→ **DATA RECORDS**:
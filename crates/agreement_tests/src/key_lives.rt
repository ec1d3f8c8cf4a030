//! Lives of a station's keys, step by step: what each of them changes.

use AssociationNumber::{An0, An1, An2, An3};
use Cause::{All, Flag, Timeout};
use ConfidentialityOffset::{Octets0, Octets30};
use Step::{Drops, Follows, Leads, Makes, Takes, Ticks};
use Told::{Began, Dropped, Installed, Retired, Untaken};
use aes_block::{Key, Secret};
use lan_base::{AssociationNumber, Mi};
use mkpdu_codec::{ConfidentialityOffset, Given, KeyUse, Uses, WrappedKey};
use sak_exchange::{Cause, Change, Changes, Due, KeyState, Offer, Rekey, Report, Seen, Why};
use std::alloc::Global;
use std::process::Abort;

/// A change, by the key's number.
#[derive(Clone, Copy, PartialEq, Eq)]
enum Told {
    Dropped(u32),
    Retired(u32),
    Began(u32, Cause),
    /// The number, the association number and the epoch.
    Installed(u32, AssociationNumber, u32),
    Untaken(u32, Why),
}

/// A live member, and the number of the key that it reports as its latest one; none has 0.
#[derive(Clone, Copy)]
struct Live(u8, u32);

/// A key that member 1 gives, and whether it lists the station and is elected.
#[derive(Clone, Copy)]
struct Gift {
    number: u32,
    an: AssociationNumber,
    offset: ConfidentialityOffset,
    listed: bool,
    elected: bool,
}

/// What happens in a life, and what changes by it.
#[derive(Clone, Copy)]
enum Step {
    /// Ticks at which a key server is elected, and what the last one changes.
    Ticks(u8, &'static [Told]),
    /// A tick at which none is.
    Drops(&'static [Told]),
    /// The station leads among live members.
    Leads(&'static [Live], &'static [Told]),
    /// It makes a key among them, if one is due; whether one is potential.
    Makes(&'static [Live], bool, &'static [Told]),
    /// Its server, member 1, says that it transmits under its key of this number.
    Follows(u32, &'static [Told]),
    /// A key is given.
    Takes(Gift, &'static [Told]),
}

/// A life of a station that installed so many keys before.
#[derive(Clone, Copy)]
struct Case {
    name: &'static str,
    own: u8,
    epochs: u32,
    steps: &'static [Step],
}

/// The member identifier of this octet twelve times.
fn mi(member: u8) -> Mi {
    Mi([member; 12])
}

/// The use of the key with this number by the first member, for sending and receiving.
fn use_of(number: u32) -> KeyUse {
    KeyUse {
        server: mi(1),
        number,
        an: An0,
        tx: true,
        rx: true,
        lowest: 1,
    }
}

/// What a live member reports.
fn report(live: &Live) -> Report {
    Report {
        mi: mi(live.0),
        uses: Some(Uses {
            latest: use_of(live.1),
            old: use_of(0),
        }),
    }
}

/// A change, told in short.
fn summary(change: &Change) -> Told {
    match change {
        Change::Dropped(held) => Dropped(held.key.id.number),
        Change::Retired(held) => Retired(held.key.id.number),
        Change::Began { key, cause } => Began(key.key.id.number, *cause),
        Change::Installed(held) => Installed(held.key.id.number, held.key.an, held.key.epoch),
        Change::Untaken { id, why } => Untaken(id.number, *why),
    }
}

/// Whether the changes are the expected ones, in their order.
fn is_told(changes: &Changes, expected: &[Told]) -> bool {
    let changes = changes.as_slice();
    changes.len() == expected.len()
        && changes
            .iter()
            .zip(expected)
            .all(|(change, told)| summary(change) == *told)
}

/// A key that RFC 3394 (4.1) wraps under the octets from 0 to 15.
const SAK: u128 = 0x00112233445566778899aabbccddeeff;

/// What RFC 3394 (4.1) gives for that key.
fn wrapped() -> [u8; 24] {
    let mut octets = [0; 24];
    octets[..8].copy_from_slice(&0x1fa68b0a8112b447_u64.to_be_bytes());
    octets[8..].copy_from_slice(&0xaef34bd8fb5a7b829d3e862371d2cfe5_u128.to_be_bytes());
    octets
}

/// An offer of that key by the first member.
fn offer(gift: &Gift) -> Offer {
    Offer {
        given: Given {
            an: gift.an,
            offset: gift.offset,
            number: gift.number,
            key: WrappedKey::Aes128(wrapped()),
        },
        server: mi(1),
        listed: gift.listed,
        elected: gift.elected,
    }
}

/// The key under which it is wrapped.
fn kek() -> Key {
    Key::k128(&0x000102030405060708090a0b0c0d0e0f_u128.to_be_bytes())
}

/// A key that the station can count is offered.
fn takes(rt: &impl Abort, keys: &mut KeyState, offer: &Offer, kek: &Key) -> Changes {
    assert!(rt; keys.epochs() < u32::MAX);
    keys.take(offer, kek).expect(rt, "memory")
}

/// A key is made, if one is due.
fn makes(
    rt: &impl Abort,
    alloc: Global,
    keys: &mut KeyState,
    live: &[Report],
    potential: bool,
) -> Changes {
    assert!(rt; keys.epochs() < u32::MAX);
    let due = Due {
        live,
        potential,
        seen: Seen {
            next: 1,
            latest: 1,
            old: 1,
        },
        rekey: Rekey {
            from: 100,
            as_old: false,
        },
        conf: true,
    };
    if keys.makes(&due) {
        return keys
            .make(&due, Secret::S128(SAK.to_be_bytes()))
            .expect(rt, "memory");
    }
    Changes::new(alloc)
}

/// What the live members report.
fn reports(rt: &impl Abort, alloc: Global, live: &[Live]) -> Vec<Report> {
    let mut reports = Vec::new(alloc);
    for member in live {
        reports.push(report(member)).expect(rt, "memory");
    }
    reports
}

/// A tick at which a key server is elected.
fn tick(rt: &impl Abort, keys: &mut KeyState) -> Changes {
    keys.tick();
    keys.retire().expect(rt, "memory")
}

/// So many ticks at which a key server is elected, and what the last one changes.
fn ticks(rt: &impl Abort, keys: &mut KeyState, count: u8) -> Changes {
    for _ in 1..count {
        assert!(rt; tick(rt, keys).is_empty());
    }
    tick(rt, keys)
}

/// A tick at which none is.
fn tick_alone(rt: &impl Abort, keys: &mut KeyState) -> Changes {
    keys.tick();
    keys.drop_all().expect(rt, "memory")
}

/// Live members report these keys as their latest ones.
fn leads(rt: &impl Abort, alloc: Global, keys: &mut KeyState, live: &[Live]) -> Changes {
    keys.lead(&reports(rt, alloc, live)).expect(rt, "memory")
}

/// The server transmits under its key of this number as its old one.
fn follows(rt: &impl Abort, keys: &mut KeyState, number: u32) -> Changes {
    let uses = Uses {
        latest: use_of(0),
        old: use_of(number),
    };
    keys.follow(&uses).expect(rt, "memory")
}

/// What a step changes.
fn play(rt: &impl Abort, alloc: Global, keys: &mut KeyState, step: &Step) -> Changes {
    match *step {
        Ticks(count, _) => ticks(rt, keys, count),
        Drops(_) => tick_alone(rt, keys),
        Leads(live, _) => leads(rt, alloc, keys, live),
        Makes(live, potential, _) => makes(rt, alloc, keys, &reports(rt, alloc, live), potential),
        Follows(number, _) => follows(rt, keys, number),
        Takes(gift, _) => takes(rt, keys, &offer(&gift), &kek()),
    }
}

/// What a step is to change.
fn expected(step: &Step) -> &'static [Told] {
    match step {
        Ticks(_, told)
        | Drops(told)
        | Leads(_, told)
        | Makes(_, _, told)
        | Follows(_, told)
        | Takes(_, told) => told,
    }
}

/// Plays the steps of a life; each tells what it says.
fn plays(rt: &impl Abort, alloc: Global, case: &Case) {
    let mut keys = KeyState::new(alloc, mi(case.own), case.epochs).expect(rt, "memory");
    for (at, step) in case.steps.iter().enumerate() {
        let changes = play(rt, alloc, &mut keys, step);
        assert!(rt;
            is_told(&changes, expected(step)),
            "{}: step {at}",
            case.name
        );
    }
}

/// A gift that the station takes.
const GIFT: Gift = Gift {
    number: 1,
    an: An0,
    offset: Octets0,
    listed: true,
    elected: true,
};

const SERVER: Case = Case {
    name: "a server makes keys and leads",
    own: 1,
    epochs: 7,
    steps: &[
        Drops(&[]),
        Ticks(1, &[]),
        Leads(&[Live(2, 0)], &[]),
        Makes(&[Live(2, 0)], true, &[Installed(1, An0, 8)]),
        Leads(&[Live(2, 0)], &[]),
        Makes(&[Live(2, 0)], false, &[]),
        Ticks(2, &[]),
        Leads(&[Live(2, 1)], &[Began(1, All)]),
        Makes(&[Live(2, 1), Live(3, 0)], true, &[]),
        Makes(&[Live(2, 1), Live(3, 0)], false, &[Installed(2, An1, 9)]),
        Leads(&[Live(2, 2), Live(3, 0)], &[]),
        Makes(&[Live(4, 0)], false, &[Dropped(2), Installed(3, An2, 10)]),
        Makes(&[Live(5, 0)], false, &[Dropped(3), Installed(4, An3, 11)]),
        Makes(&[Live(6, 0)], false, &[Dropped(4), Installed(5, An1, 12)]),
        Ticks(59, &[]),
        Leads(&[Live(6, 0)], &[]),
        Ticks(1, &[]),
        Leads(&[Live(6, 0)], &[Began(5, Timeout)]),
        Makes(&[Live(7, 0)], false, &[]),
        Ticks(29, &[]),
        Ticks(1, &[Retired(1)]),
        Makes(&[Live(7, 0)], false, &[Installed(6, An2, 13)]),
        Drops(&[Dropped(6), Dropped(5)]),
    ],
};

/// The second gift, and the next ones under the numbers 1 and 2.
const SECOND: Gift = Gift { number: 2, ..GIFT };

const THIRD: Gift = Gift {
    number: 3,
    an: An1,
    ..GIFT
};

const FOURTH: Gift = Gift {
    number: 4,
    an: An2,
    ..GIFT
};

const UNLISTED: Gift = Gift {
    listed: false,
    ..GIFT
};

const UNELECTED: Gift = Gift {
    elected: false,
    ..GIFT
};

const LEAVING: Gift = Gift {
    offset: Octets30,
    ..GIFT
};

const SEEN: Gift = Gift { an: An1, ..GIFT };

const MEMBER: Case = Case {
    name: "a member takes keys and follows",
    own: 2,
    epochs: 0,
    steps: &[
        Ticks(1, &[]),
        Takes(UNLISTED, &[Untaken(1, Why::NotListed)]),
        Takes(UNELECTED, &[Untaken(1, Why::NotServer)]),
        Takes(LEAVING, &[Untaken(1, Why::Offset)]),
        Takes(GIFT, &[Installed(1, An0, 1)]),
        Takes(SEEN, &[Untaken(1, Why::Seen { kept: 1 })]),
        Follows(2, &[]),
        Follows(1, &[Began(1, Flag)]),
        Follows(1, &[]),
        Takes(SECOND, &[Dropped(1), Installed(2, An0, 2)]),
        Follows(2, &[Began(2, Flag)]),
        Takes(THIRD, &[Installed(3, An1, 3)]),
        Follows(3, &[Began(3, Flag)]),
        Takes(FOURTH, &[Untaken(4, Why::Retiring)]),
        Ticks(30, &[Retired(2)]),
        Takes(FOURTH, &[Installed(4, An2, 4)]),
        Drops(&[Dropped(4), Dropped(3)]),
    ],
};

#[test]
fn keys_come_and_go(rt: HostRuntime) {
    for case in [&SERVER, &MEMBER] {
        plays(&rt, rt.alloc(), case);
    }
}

→ **EXERCISE BRIEF**:
Say how many lines of the material hold the string "latest", giving the number alone.

→ **ANSWER AREA**:
5